*** Opening Input for this task ***
//! Runs on threads whose units call functions of the tests.

ghost use Rattle.std.specs.Prelude.{None};
ghost use Rattle.abt_machine.specs.Limits.{function_limit};

use crate::reports::is_reported;
use abt_check::{Verdict, check};
use abt_machine::{Event, StreamNo, UnitNo, Want, What, Workload};
use abt_order::StoredOrder;
use abt_waves::run_streams;
use abt_work::Work;
use abt_workload::read;
use std::alloc::Global;
use std::hint::spin_loop;
use std::sync::Wait;
use std::sync::atomic::{AtomicBool, AtomicU32, Ordering};
use std::test::Fail;
use std::thread::Threads;

// Four tasklets on two streams that call a function twice each.
static TWICE: &str =
    "abt 3\nstreams 2\npool 0 deque mpmc\npool 1 deque mpmc\nsched 0 randws 1 0 1\nsched 1 randws 2 1 0\nstream 0 main 0\nstream 1 main 1\nunits 4\nmany 0 4 task at 0\ncall 0\ncall 7\nprint\nend\n";

static TWICE_REPORT: &str =
    "unit 0 done: 2\nunit 1 done: 2\nunit 2 done: 2\nunit 3 done: 2\ntally units 4 unborn 0 pool 0 stream 0 blocked 0 done 4 asked 0 access 0 steps 12\nfinished\n";

// Unit 0 sets an eventual after its call. The 80 units behind it on stream 0 call too, and so do the four of stream 1, which wait for
// the eventual.
static WAITING: &str =
    "abt 3\nstreams 2\npool 0 fifo mpmc\npool 1 fifo mpmc\nsched 0 prio 0\nsched 1 prio 1\nstream 0 main 0\nstream 1 main 1\nobject 0 eventual\nunits 85\nunit 0 ult at 0\ncall 0\neset 0\nmany 1 80 ult at 0\ncall 0\nmany 81 4 ult at 1\newait 0\ncall 0\nend\n";

// The first unit of WAITING that waits.
const WAITS: u32 = 81;

// How many turns of a loop a long call takes, some milliseconds.
const LONG: u32 = 100_000;

// Counts the calls of its functions, each of which adds one to the accumulator.
#[derive(Drop)]
struct Counting {
    calls: AtomicU32,
}

impl Work for Counting {
    ghost count = { λ _. function_limit };

    ghost returns = { λ _ _ _ _ _. None };

    fn before_step(&self, _stream: StreamNo, _unit: UnitNo, _at: u32) {}

    fn watches(&self) -> bool {
        false
    }

    fn call(&self, _function: u32, _unit: UnitNo, acc: u64, _keys: &[u64]) -> u64 {
        self.calls.fetch_add(1, Ordering::SeqCst);
        acc.wrapping_add(1)
    }

    fn accepts(
        &self,
        _function: u32,
        _unit: UnitNo,
        _acc: u64,
        _keys: &[u64],
        _value: u64,
    ) -> bool {
        true
    }
}

// Takes long in each call, and notes how many calls came before the first of a unit that waited.
#[derive(Drop)]
struct Slow {
    calls: AtomicU32,
    came: AtomicBool,
    before: AtomicU32,
}

impl Work for Slow {
    ghost count = { λ _. function_limit };

    ghost returns = { λ _ _ _ _ _. None };

    fn before_step(&self, _stream: StreamNo, _unit: UnitNo, _at: u32) {}

    fn watches(&self) -> bool {
        false
    }

    fn call(&self, _function: u32, unit: UnitNo, acc: u64, _keys: &[u64]) -> u64 {
        let before = self.calls.fetch_add(1, Ordering::SeqCst);
        if unit.0 >= WAITS && !self.came.swap(true, Ordering::SeqCst) {
            self.before.store(before, Ordering::SeqCst);
        }
        for _ in 0..LONG {
            spin_loop();
        }
        acc
    }

    fn accepts(
        &self,
        _function: u32,
        _unit: UnitNo,
        _acc: u64,
        _keys: &[u64],
        _value: u64,
    ) -> bool {
        true
    }
}

fn count_calls(events: &[Event]) -> usize {
    events
        .iter()
        .filter(|event| matches!(event.what, What::Call(_, _, _)))
        .count()
}

// Whether the journal has as many calls as were made, and is a run with its report.
#[tactic(auto, using(crate::proofs::Storing::stores_calls))]
fn is_counted<R: Threads + Wait + Sync>(rt: &R, alloc: Global, w: &Workload) -> Result<bool, Want> {
    w.known();
    let work = Counting {
        calls: AtomicU32::new(0),
    };
    let orders = [StoredOrder::rotating(), StoredOrder::mirroring()];
    let run = run_streams(rt, alloc, w, &orders, &work, 1_000, true)?;
    let is = is_reported(alloc, w, run.steps, &run.picture, run.outcome, TWICE_REPORT);
    let made = work.calls.load(Ordering::SeqCst) as usize;
    match &run.journal {
        Some(journal) => {
            let verdict = check(alloc, w, &orders, &work, journal)?;
            Ok(is && made == 8 && count_calls(journal.items()) == made && verdict == Verdict::Run)
        }
        None => Ok(false),
    }
}

fn counted<R: Threads + Wait + Sync>(rt: &R, alloc: Global) -> Result<bool, Fail> {
    let w = read(alloc, TWICE.as_bytes())?;
    Ok(is_counted(rt, alloc, &w)?)
}

#[test]
fn each_call_is_made_once(rt: HostRuntime) -> Result<(), Fail> {
    let it_is = counted(&rt, rt.alloc())?;
    assert!(rt; it_is);
    Ok(())
}

// How many calls came before the first of a unit that waited on the other stream.
#[tactic(auto, using(crate::proofs::Storing::stores_calls))]
fn calls_before<R: Threads + Wait + Sync>(
    rt: &R,
    alloc: Global,
    w: &Workload,
) -> Result<u32, Want> {
    w.known();
    let work = Slow {
        calls: AtomicU32::new(0),
        came: AtomicBool::new(false),
        before: AtomicU32::new(u32::MAX),
    };
    let orders = [StoredOrder::rotating(), StoredOrder::mirroring()];
    run_streams(rt, alloc, w, &orders, &work, 1_000, false)?;
    Ok(work.before.load(Ordering::SeqCst))
}

fn waited<R: Threads + Wait + Sync>(rt: &R, alloc: Global) -> Result<u32, Fail> {
    let w = read(alloc, WAITING.as_bytes())?;
    Ok(calls_before(rt, alloc, &w)?)
}

// All units of stream 0 come first if a waiting stream is called only when the other has done its turns.
#[test]
fn ready_units_do_not_wait_for_long_calls(rt: HostRuntime) -> Result<(), Fail> {
    let before = waited(&rt, rt.alloc())?;
    assert!(rt; before < 60, "{before} calls came before");
    Ok(())
}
*** Closing Input for this task ***
## Task goal
Out of the records above, pull the lines that include the word "other".

## Exercise result
// How many calls came before the first of a unit that waited on the other stream.
// All units of stream 0 come first if a waiting stream is called only when the other has done its turns.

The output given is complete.